START Records for processing

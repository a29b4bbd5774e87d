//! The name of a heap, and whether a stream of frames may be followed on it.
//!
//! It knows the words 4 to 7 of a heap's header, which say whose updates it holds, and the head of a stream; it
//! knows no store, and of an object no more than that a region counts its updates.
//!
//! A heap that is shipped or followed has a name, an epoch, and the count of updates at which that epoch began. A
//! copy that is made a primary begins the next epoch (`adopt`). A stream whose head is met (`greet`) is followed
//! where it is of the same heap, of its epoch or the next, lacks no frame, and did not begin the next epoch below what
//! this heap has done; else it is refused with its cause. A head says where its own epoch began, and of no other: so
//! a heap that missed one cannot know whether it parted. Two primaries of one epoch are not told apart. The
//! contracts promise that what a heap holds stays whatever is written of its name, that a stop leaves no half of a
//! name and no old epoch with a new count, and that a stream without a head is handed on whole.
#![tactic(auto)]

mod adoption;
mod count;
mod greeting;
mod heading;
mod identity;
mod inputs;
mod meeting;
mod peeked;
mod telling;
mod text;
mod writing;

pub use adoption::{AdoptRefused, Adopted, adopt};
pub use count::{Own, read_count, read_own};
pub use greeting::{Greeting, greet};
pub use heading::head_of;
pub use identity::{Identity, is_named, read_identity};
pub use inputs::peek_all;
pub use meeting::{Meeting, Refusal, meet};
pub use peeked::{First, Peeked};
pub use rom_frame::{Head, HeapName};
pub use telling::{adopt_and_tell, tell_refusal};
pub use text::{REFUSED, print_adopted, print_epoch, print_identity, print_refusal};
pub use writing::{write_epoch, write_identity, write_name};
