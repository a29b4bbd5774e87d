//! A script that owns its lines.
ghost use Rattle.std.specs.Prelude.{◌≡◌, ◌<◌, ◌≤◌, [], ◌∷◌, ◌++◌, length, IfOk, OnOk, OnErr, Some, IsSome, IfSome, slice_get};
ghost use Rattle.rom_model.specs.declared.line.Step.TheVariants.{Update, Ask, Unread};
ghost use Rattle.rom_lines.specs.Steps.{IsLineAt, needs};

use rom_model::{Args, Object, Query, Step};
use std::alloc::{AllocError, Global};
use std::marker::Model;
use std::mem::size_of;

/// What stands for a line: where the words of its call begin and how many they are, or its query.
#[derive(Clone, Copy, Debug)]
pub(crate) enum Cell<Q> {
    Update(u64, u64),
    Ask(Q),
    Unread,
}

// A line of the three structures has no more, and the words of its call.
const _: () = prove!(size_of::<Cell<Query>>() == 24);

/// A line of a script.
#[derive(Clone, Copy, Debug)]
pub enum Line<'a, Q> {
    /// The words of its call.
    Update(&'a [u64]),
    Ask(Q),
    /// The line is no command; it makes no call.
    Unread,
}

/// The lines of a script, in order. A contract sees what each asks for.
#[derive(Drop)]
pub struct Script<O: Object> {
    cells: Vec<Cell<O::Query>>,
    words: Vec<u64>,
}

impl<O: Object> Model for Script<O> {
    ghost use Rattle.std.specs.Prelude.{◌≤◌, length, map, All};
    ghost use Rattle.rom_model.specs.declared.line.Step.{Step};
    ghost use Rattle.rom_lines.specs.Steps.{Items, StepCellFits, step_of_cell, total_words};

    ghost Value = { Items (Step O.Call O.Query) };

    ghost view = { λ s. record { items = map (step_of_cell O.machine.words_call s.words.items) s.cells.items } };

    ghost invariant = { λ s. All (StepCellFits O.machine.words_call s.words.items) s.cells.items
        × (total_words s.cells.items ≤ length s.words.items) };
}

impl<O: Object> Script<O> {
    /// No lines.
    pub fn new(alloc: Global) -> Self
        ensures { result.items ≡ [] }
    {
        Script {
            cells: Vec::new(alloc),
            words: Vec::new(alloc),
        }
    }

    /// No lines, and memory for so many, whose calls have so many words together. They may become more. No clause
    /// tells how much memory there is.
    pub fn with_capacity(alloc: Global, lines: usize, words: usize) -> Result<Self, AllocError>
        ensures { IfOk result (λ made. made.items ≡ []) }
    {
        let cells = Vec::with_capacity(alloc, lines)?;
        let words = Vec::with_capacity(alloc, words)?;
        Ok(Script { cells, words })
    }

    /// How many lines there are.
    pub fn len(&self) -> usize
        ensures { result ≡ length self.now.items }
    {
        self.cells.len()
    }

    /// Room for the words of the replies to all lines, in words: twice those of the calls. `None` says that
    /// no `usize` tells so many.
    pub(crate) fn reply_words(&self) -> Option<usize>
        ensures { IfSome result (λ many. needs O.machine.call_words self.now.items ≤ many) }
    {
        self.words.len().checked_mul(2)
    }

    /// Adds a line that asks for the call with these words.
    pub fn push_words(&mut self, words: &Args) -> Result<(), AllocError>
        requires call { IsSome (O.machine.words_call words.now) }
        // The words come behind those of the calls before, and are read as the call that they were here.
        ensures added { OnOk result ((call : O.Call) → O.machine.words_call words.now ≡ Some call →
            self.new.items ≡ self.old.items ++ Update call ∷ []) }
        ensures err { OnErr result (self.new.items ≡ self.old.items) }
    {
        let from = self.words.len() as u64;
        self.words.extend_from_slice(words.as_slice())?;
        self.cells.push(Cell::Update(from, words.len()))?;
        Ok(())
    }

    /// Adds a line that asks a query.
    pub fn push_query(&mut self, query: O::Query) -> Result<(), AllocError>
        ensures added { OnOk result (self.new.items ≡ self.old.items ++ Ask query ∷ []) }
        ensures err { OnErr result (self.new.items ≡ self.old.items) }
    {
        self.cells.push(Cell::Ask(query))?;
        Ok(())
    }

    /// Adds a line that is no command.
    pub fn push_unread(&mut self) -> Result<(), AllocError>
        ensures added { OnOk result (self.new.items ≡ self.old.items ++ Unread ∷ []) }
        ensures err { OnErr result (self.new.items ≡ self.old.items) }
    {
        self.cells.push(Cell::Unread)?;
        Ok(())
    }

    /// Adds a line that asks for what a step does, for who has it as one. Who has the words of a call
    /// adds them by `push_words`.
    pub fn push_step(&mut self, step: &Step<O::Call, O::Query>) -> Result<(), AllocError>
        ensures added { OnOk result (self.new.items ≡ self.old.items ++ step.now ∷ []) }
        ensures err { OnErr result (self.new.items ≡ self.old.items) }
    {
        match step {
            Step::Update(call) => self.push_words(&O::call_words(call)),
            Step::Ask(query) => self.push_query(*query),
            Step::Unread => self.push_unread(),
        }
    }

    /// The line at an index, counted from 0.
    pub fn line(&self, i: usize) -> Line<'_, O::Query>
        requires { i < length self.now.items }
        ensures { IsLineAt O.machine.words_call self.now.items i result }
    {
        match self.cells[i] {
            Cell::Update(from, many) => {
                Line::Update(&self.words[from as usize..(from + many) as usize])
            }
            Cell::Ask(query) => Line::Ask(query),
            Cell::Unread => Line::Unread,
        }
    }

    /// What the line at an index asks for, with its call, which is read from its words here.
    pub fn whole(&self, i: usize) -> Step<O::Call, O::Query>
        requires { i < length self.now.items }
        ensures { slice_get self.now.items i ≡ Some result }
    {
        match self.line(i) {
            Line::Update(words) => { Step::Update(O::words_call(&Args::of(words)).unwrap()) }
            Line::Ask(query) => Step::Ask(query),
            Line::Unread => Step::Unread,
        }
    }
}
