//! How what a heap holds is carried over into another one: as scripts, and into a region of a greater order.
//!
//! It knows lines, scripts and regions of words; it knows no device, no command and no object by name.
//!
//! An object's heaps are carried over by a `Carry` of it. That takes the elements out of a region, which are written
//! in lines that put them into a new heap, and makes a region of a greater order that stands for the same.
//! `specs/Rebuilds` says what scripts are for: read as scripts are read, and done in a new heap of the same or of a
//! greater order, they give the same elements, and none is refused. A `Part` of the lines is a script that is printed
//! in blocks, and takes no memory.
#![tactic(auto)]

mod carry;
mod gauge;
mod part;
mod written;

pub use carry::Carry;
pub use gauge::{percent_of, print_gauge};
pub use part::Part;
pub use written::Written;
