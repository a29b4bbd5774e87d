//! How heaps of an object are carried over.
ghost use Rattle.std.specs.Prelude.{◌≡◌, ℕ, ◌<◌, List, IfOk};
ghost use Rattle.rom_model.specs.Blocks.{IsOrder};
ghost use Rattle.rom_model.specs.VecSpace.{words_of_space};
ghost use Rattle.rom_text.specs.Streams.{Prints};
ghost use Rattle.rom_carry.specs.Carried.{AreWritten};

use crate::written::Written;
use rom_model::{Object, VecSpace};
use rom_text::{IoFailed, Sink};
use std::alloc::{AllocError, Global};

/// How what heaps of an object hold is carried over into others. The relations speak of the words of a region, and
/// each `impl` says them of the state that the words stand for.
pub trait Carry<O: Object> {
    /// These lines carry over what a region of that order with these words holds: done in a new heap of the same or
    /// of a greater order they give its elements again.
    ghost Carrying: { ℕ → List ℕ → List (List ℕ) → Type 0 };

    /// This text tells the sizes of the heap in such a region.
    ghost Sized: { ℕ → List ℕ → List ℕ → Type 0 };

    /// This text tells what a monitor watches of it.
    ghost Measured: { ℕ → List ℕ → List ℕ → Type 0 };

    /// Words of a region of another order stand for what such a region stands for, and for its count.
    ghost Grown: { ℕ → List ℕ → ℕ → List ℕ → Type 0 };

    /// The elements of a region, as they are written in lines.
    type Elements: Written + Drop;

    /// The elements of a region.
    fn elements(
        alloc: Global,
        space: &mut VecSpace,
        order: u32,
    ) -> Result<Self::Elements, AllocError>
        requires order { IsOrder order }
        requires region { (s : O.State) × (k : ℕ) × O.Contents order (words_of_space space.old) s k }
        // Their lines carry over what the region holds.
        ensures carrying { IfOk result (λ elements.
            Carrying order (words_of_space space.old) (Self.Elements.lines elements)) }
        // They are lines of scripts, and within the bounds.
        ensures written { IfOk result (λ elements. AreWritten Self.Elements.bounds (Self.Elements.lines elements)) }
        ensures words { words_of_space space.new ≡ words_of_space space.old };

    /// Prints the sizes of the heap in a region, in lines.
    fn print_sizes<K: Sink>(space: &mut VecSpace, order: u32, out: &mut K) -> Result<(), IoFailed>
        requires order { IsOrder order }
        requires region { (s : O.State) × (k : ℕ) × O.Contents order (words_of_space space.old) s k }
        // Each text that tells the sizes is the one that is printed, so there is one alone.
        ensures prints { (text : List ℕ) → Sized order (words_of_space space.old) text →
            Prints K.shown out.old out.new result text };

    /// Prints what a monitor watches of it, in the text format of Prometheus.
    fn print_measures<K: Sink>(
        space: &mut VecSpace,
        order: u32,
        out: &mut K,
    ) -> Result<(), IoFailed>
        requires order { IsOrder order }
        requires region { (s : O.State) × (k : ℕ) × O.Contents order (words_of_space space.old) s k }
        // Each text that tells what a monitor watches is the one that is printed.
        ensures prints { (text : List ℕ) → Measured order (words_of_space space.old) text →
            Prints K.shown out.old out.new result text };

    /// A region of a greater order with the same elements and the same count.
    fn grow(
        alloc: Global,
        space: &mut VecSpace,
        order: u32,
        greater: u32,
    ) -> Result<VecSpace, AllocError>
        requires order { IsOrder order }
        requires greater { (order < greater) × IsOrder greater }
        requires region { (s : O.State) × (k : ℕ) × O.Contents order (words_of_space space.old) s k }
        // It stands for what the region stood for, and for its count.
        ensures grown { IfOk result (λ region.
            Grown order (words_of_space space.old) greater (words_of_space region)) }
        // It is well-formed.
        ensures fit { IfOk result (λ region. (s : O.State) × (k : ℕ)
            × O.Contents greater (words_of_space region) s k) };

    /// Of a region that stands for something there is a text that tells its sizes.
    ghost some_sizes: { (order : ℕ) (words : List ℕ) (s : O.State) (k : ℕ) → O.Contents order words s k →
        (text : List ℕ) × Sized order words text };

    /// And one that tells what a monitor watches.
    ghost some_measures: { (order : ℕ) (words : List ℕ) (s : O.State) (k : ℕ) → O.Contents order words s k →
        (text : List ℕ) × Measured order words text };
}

END Records for processing

• **Task brief**:
Using the entries above, give back exactly the line containing "mod writing;", the line containing "(StepCellFits O.machine.words_call s.words.items) s.cells.items", and every line between them, and nothing else.

• **Task answer**:
mod writing;

pub use adoption::{AdoptRefused, Adopted, adopt};
pub use count::{Own, read_count, read_own};
pub use greeting::{Greeting, greet};
pub use heading::head_of;
pub use identity::{Identity, is_named, read_identity};
pub use inputs::peek_all;
pub use meeting::{Meeting, Refusal, meet};
pub use peeked::{First, Peeked};
pub use rom_frame::{Head, HeapName};
pub use telling::{adopt_and_tell, tell_refusal};
pub use text::{REFUSED, print_adopted, print_epoch, print_identity, print_refusal};
pub use writing::{write_epoch, write_identity, write_name};
repository a29b4bbd5774e87d
//! A script that owns its lines.
ghost use Rattle.std.specs.Prelude.{◌≡◌, ◌<◌, ◌≤◌, [], ◌∷◌, ◌++◌, length, IfOk, OnOk, OnErr, Some, IsSome, IfSome, slice_get};
ghost use Rattle.rom_model.specs.declared.line.Step.TheVariants.{Update, Ask, Unread};
ghost use Rattle.rom_lines.specs.Steps.{IsLineAt, needs};

use rom_model::{Args, Object, Query, Step};
use std::alloc::{AllocError, Global};
use std::marker::Model;
use std::mem::size_of;

/// What stands for a line: where the words of its call begin and how many they are, or its query.
#[derive(Clone, Copy, Debug)]
pub(crate) enum Cell<Q> {
    Update(u64, u64),
    Ask(Q),
    Unread,
}

// A line of the three structures has no more, and the words of its call.
const _: () = prove!(size_of::<Cell<Query>>() == 24);

/// A line of a script.
#[derive(Clone, Copy, Debug)]
pub enum Line<'a, Q> {
    /// The words of its call.
    Update(&'a [u64]),
    Ask(Q),
    /// The line is no command; it makes no call.
    Unread,
}

/// The lines of a script, in order. A contract sees what each asks for.
#[derive(Drop)]
pub struct Script<O: Object> {
    cells: Vec<Cell<O::Query>>,
    words: Vec<u64>,
}

impl<O: Object> Model for Script<O> {
    ghost use Rattle.std.specs.Prelude.{◌≤◌, length, map, All};
    ghost use Rattle.rom_model.specs.declared.line.Step.{Step};
    ghost use Rattle.rom_lines.specs.Steps.{Items, StepCellFits, step_of_cell, total_words};

    ghost Value = { Items (Step O.Call O.Query) };

    ghost view = { λ s. record { items = map (step_of_cell O.machine.words_call s.words.items) s.cells.items } };

    ghost invariant = { λ s. All (StepCellFits O.machine.words_call s.words.items) s.cells.items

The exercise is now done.